# [Problem details]
From the entries below, report only the number of lines that contain the word "push".

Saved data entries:
● ● ● ●

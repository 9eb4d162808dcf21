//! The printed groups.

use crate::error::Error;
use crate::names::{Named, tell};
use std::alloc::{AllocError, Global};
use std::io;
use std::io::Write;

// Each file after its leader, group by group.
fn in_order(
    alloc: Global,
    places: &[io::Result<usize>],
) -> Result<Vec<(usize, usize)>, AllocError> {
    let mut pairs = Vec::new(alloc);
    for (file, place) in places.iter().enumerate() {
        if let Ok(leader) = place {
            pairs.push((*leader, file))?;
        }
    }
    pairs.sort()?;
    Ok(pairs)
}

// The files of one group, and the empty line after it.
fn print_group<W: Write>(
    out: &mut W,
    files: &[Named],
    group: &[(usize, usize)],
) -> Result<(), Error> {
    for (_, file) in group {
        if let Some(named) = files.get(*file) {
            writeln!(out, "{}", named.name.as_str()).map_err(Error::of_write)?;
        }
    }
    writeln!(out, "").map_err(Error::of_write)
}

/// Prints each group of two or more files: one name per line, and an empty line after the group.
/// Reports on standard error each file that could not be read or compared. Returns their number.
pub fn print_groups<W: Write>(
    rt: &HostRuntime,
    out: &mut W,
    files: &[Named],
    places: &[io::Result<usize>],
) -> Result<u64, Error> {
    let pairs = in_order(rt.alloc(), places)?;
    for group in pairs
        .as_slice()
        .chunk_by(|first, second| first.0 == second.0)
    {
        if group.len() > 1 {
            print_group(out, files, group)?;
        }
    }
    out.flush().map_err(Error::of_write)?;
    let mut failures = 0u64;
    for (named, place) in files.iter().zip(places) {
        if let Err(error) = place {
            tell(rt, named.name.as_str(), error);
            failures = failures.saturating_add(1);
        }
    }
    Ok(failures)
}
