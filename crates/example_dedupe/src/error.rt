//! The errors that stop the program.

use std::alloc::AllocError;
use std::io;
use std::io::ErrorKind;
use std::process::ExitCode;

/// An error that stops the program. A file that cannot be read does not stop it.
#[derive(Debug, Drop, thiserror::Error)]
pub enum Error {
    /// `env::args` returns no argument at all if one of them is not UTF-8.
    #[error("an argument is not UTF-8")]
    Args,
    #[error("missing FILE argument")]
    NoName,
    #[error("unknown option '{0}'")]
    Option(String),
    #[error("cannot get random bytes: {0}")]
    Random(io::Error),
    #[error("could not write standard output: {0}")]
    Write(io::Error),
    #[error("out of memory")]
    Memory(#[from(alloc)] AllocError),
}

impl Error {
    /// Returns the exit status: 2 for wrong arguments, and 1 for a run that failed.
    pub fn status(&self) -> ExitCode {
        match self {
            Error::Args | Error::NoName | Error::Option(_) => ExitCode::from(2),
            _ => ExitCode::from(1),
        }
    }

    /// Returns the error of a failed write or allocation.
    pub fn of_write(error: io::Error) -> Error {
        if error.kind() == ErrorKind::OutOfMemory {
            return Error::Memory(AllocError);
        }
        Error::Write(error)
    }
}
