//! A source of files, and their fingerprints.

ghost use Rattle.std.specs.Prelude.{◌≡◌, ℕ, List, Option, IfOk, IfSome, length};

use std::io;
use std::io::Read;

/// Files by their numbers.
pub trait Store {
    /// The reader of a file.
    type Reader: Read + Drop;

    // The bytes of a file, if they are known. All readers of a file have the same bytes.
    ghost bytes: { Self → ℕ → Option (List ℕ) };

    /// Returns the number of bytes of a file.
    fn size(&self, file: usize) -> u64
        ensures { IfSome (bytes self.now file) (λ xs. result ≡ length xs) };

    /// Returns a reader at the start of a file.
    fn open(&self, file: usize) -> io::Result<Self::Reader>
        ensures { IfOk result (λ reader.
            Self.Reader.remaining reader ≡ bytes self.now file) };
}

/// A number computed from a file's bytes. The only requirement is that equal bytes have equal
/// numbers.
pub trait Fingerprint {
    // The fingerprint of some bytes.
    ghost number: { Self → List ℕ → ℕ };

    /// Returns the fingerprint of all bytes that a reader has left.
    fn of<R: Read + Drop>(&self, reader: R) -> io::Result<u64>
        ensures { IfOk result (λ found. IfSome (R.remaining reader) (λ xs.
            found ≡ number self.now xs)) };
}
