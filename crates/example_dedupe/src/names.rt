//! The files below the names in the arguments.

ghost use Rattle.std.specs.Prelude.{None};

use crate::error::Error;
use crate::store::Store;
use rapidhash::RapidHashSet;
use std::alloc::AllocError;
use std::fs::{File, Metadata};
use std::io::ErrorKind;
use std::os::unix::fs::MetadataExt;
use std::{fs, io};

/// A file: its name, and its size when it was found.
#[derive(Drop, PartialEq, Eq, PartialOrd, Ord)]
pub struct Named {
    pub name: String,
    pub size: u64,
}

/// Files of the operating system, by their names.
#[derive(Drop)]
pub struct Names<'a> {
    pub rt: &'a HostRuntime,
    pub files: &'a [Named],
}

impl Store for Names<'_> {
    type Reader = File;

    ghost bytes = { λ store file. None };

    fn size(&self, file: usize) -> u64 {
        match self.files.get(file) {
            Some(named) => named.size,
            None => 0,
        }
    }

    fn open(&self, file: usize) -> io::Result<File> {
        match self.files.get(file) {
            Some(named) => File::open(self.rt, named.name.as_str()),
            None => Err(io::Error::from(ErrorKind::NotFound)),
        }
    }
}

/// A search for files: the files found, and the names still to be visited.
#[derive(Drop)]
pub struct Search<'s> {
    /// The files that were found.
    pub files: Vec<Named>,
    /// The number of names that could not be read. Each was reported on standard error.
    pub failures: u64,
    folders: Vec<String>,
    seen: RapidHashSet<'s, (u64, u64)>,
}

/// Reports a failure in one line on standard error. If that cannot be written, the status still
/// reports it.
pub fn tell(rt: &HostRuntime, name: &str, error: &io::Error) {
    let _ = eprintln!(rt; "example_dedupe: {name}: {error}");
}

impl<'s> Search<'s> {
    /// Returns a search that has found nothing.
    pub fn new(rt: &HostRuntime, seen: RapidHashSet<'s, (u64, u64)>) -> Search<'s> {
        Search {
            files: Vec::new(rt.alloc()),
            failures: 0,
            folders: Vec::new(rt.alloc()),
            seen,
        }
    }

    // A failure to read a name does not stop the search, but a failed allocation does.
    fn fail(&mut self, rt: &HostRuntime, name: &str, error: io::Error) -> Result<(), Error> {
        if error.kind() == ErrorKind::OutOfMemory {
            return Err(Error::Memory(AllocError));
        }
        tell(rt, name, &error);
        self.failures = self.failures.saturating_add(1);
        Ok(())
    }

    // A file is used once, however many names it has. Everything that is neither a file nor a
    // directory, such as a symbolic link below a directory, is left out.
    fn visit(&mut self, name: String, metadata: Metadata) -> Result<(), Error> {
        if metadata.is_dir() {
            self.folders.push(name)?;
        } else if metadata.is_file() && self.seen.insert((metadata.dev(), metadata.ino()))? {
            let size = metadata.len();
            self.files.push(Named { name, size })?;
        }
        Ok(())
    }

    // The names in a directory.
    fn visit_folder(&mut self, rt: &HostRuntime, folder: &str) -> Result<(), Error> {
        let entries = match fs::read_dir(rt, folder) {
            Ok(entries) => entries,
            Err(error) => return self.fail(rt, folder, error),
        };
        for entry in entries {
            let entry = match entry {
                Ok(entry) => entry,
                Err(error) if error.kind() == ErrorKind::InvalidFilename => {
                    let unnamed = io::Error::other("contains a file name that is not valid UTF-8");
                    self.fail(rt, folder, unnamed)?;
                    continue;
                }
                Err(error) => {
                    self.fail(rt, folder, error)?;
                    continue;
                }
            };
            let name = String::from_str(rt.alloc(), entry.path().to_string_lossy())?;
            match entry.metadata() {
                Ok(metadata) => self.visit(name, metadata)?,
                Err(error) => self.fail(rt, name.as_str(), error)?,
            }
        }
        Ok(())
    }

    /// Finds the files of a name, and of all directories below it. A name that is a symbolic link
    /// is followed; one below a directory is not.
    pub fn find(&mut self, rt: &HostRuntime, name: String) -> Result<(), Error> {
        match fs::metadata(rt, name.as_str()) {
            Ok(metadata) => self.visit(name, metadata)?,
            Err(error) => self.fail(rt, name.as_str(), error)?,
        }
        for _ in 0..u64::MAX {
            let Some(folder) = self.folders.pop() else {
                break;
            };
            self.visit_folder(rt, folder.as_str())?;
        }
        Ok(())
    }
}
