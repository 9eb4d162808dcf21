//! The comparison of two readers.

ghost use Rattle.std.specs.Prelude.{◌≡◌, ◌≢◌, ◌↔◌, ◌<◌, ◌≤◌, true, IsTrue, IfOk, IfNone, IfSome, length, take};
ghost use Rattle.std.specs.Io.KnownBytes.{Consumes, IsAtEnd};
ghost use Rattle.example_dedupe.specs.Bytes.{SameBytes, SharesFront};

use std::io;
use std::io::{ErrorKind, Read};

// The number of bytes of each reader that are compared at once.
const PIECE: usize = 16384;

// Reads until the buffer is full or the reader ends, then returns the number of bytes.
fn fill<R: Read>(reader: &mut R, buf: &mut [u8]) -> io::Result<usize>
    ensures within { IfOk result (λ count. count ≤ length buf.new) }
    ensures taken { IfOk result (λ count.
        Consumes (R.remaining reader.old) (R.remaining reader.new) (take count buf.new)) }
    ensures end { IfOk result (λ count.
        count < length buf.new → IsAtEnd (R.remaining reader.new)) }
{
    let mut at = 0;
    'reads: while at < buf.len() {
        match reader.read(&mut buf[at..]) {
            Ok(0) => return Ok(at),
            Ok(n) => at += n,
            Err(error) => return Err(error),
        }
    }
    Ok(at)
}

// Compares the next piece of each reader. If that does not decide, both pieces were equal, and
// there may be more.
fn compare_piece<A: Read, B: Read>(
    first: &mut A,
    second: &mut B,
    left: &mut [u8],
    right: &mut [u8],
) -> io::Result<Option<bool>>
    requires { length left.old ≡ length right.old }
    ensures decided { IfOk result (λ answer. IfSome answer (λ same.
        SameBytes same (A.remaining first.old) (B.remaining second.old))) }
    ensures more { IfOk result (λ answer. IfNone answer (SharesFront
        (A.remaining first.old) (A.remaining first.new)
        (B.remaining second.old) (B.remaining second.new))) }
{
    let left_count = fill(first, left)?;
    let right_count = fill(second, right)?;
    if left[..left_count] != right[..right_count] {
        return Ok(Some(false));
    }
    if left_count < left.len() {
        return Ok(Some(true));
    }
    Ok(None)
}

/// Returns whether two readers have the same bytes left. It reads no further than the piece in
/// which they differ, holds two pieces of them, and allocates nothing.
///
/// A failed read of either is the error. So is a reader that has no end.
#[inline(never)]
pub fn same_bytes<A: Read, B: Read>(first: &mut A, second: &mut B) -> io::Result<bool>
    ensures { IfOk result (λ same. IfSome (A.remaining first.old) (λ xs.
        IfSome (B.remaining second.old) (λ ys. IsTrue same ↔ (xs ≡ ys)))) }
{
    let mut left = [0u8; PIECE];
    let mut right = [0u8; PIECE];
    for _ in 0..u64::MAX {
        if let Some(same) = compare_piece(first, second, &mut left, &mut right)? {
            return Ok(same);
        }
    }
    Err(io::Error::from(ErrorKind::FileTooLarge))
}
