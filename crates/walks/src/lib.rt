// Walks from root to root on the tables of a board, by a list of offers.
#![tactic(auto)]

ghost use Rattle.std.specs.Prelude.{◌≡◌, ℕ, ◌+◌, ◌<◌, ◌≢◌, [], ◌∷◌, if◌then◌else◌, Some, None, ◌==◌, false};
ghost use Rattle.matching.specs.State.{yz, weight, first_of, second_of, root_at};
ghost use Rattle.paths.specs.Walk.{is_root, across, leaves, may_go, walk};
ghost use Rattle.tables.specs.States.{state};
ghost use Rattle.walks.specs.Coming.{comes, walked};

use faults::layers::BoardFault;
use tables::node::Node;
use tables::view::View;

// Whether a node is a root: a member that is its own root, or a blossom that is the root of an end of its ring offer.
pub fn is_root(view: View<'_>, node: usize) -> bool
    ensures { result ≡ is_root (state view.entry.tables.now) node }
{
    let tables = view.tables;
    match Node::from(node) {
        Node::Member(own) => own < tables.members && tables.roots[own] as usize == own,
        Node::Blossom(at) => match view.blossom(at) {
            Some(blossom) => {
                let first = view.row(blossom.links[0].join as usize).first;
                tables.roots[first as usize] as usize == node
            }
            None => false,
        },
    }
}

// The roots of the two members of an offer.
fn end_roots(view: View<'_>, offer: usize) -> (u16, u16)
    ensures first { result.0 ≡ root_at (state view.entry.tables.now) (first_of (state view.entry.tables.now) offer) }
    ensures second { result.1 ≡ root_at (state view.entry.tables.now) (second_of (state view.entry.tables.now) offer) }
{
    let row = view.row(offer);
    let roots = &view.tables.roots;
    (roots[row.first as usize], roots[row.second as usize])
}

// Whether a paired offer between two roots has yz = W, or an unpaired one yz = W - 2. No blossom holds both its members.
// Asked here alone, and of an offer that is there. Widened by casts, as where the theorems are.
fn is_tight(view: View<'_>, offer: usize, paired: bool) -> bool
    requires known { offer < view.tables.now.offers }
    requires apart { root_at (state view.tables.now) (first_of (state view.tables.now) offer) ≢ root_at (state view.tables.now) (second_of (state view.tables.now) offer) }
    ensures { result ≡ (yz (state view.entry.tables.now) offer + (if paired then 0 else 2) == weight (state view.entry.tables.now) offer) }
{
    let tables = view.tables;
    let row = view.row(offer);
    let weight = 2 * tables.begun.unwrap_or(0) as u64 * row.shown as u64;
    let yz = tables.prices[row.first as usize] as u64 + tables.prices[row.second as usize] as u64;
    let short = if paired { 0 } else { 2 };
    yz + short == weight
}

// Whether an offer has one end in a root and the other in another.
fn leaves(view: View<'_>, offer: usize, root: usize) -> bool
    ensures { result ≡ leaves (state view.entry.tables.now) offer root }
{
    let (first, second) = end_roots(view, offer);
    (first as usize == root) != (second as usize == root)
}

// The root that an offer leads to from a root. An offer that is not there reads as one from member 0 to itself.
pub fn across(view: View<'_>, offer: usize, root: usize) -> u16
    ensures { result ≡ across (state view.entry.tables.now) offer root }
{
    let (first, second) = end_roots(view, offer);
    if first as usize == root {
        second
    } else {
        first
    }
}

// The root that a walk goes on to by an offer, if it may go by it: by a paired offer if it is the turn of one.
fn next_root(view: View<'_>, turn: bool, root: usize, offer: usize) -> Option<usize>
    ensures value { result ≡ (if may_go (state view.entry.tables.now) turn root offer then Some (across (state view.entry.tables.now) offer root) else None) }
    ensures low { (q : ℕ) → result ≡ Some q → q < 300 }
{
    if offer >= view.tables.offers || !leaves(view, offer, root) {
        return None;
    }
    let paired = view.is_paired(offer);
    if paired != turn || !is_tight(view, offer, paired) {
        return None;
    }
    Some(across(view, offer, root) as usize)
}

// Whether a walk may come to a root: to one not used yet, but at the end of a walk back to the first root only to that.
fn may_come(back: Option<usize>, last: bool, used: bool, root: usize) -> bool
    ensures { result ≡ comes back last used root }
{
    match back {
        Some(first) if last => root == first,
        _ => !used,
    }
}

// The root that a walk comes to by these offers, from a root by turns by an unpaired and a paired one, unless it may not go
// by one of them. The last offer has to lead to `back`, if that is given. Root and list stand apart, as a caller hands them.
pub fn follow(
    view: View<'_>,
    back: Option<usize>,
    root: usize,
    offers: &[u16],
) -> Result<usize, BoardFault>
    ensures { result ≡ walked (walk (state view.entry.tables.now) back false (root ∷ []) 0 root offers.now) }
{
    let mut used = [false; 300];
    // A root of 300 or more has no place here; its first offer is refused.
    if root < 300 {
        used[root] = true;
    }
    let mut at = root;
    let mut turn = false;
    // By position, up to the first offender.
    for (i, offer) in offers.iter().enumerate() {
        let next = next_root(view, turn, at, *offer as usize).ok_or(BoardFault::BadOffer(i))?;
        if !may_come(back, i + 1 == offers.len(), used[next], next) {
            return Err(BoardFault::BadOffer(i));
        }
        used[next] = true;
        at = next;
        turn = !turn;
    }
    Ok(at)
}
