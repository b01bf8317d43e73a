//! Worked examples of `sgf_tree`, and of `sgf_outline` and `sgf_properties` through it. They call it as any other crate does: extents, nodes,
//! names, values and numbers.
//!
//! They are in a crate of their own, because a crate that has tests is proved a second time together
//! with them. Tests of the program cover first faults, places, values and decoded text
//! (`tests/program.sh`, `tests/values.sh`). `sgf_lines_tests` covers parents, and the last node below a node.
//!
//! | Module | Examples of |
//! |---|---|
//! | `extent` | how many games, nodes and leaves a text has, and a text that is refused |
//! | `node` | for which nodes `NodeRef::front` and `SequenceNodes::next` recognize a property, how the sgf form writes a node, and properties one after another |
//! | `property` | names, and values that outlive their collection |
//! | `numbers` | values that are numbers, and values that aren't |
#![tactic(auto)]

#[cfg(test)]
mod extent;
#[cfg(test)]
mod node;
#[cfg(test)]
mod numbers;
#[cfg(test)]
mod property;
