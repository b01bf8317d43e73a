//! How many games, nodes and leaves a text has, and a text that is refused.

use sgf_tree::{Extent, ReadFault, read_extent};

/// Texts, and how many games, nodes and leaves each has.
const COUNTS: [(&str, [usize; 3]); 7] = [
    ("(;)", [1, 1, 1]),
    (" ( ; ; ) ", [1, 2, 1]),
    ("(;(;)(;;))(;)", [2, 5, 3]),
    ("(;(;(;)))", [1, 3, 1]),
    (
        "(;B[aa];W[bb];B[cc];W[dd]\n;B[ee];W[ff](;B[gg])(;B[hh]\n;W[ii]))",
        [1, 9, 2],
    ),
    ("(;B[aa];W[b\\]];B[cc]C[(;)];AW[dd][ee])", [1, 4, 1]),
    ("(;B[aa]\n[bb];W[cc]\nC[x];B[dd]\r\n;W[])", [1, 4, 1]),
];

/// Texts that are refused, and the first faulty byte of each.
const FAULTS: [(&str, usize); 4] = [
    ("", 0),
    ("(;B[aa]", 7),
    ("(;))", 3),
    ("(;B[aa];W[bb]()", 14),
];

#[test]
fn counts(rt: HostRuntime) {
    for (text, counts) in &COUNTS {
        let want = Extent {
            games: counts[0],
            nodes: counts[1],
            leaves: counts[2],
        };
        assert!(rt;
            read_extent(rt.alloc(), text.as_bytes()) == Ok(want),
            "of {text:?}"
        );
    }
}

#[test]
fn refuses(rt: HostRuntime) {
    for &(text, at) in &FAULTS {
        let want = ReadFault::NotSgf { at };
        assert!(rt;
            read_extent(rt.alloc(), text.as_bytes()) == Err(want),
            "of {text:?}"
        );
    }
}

● ● ● ●

# [Response to this task]
3